Coding Tasks (use CoLab or notebook)

  1. Construct a 95% confidence interval for the height example, then experiment with different confidence levels and sample sizes.

    import jax.numpy as jnp
    
    x_bar = 170.0    # sample mean
    sigma = 8.0      # population std (known)
    n = 50           # sample size
    
    # Critical values for common confidence levels
    z_stars = {0.90: 1.645, 0.95: 1.960, 0.99: 2.576}
    
    for conf, z_star in z_stars.items():
        me = z_star * (sigma / jnp.sqrt(n))
        lower, upper = x_bar - me, x_bar + me
        print(f"{conf*100:.0f}% CI: [{lower:.2f}, {upper:.2f}]  (ME = {me:.2f})")
    

  2. Estimate \(\pi\) using Monte Carlo simulation.

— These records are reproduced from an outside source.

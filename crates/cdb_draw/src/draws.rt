//! The picture of a run, or of what led to one of its events.

ghost use Rattle.std.specs.Prelude.{◌≡◌, ◌≤◌, length, Option, Some, IfOk, IfSome};
ghost use Rattle.cdb_agreement.specs.Algorithms.{rules};
ghost use Rattle.cdb_draw.specs.Picture.{IsPicture};
ghost use Rattle.cdb_draw.specs.Weights.{trail_flags, weigh_each, AreWeighed};
ghost use Rattle.cdb_rules.specs.ByRules.{IsInOrder};
ghost use Rattle.cdb_trail.specs.Trailed.{IsTrailIn};
ghost use Rattle.cdb_trail.specs.declared.trail.Trail.{Trail};

use crate::layout::grid_of;
use crate::picture::weighed_picture;
use crate::weight::Weight;
use cdb_any_run::AnyRun;
use cdb_base::NoMemory;
use cdb_base::limits::MAX_ENTRIES;
use cdb_rules::Trace;
use cdb_trail::trail_of;
use std::alloc::Global;

/// The weight of each event, by the flags of those that have led to a step, and of those on the trail to it.
fn weigh_each(alloc: Global, past: &[bool], trail: &[bool]) -> Result<Vec<Weight>, NoMemory>
    requires { length trail.now ≡ length past.now }
    ensures weights { IfOk result (λ weights. weights.items ≡ weigh_each past.now trail.now) }
    ensures each { IfOk result (λ weights. length weights.items ≡ length past.now) }
{
    let mut weights = Vec::new(alloc);
    for i in 0..past.len() {
        weights.push(Weight::of(past[i], trail[i]))?;
    }
    Ok(weights)
}

/// Flags the events on the trail to the step at a position; none where it takes no value.
fn flag_trail(alloc: Global, run: &Trace, position: usize) -> Result<Vec<bool>, NoMemory>
    requires valid { IsInOrder rules run.now }
    requires from_one { 1 ≤ position }
    requires to_len { position ≤ length run.now.history }
    ensures flags { IfOk result (λ flags. (trail : Option Trail) × IsTrailIn run.now position trail
        × (flags.items ≡ trail_flags (length run.now.history) trail)) }
    ensures each { IfOk result (λ flags. length flags.items ≡ length run.now.history) }
{
    match trail_of(alloc, run, position)? {
        Some(trail) => Ok(trail.flags),
        None => Ok(Vec::from_elem(alloc, false, run.events().len())?),
    }
}

/// The weight of each event where the step at a position is asked for.
fn weights_to(alloc: Global, run: &Trace, position: usize) -> Result<Vec<Weight>, NoMemory>
    requires valid { IsInOrder rules run.now }
    requires from_one { 1 ≤ position }
    requires to_len { position ≤ length run.now.history }
    ensures weights { IfOk result (λ weights. AreWeighed run.now (Some position) weights.items) }
    ensures each { IfOk result (λ weights. length weights.items ≡ length run.now.history) }
{
    let past = run.flag_past(alloc, position)?;
    let trail = flag_trail(alloc, run, position)?;
    let weights = weigh_each(alloc, past.as_slice(), trail.as_slice())?;
    Ok(weights)
}

/// The weight of each event: all are in full where no step is asked for.
fn weights_for(alloc: Global, run: &Trace, position: Option<usize>) -> Result<Vec<Weight>, NoMemory>
    requires valid { IsInOrder rules run.now }
    requires stands { IfSome position (λ at. (1 ≤ at) × (at ≤ length run.now.history)) }
    ensures weights { IfOk result (λ weights. AreWeighed run.now position weights.items) }
    ensures each { IfOk result (λ weights. length weights.items ≡ length run.now.history) }
{
    match position {
        Some(position) => weights_to(alloc, run, position),
        None => Ok(Vec::from_elem(alloc, Weight::Full, run.events().len())?),
    }
}

/// The picture of a run of at most 999,999 events, as SVG, with `columns` columns to a row; with 0 all are in one row.
/// With a position of its history, from 1, the trail to the event there is drawn bold, what else has led to it in full,
/// and the rest pale; without one everything is in full. Only out of memory is an error.
///
/// Promise: A picture has one mark for each standing event, on its lane and in the order of the history, with its name,
/// its whole text, the value that it carries, the round that it begins or what it did; what each write leaves in its
/// register; a stub with the receivers that wait at each send whose copies were not all received or lost; one arrow to
/// each receive and each lost copy, from the first event that sends its message; one from or to the register of each
/// read and write; a lane that ends at its crash; and exactly the trail to the event that is asked for is bold, exactly
/// what else has led to it in full.
pub fn picture_of(
    alloc: Global,
    run: &Trace,
    columns: u32,
    position: Option<usize>,
) -> Result<Vec<u8>, NoMemory>
    requires valid { IsInOrder rules run.now }
    requires few { length run.now.history ≤ MAX_ENTRIES }
    requires stands { IfSome position (λ at. (1 ≤ at) × (at ≤ length run.now.history)) }
    ensures { IfOk result (λ text. IsPicture rules run.now columns position text.items) }
{
    let weights = weights_for(alloc, run, position)?;
    let grid = grid_of(run.setup(), columns as usize, run.events().len());
    weighed_picture::<AnyRun>(alloc, grid, run, weights.as_slice())
}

Plot how the estimate converges as you increase the number of points.

    import jax
    import jax.numpy as jnp
    import matplotlib.pyplot as plt
    
    key = jax.random.PRNGKey(42)
    
    # Generate random points in [-1, 1] x [-1, 1]
    n_points = 100_000
    k1, k2 = jax.random.split(key)
    x = jax.random.uniform(k1, shape=(n_points,), minval=-1, maxval=1)
    y = jax.random.uniform(k2, shape=(n_points,), minval=-1, maxval=1)
    
    # Check which points are inside the unit circle
    inside = (x**2 + y**2) <= 1.0
    cumulative_inside = jnp.cumsum(inside)
    counts = jnp.arange(1, n_points + 1)
    pi_estimates = 4.0 * cumulative_inside / counts
    
    plt.figure(figsize=(10, 4))
    plt.plot(pi_estimates, color="#3498db", alpha=0.7, linewidth=0.5)
    plt.axhline(y=jnp.pi, color="#e74c3c", linestyle="--", label=f"π = {jnp.pi:.6f}")
    plt.xlabel("Number of points")
    plt.ylabel("Estimate of π")
    plt.title("Monte Carlo estimation of π")
    plt.legend()
    plt.ylim(2.8, 3.5)
    plt.show()
    
    print(f"Final estimate: {pi_estimates[-1]:.6f}")
    print(f"True value:     {jnp.pi:.6f}")
    print(f"Error:          {abs(pi_estimates[-1] - jnp.pi):.6f}")
    

  3. Perform a simple power analysis: for a given effect size and standard deviation, compute the required sample size and verify it by simulation.

    import jax
    import jax.numpy as jnp
    
    # Parameters
    delta = 2.0      # effect size (difference in means)
    sigma = 8.0      # population std
    alpha = 0.05
    power_target = 0.80
    
    # Analytical sample size
    z_alpha = 1.96   # two-tailed, alpha=0.05
    z_beta = 0.84    # power=0.80
    n_required = ((z_alpha + z_beta) * sigma / delta) ** 2
    print(f"Required n per group: {n_required:.0f}")
    
    # Verify by simulation
    key = jax.random.PRNGKey(7)
    n = int(jnp.ceil(n_required))
    n_sims = 5000
    rejections = 0
    
    for _ in range(n_sims):
        key, k1, k2 = jax.random.split(key, 3)
        group_a = jax.random.normal(k1, shape=(n,)) * sigma + 50
        group_b = jax.random.normal(k2, shape=(n,)) * sigma + 50 + delta
        pooled_se = jnp.sqrt(2 * sigma**2 / n)
        z = (group_b.mean() - group_a.mean()) / pooled_se
        p = 2 * (1 - __import__("jax").scipy.stats.norm.cdf(jnp.abs(z)))
        if p <= alpha:
            rejections += 1
    
    print(f"Simulated power: {rejections/n_sims:.3f}")
    print(f"Target power:    {power_target:.3f}")
    

  4. Visualise how confidence interval width changes with sample size. This shows why collecting more data gives more precise estimates.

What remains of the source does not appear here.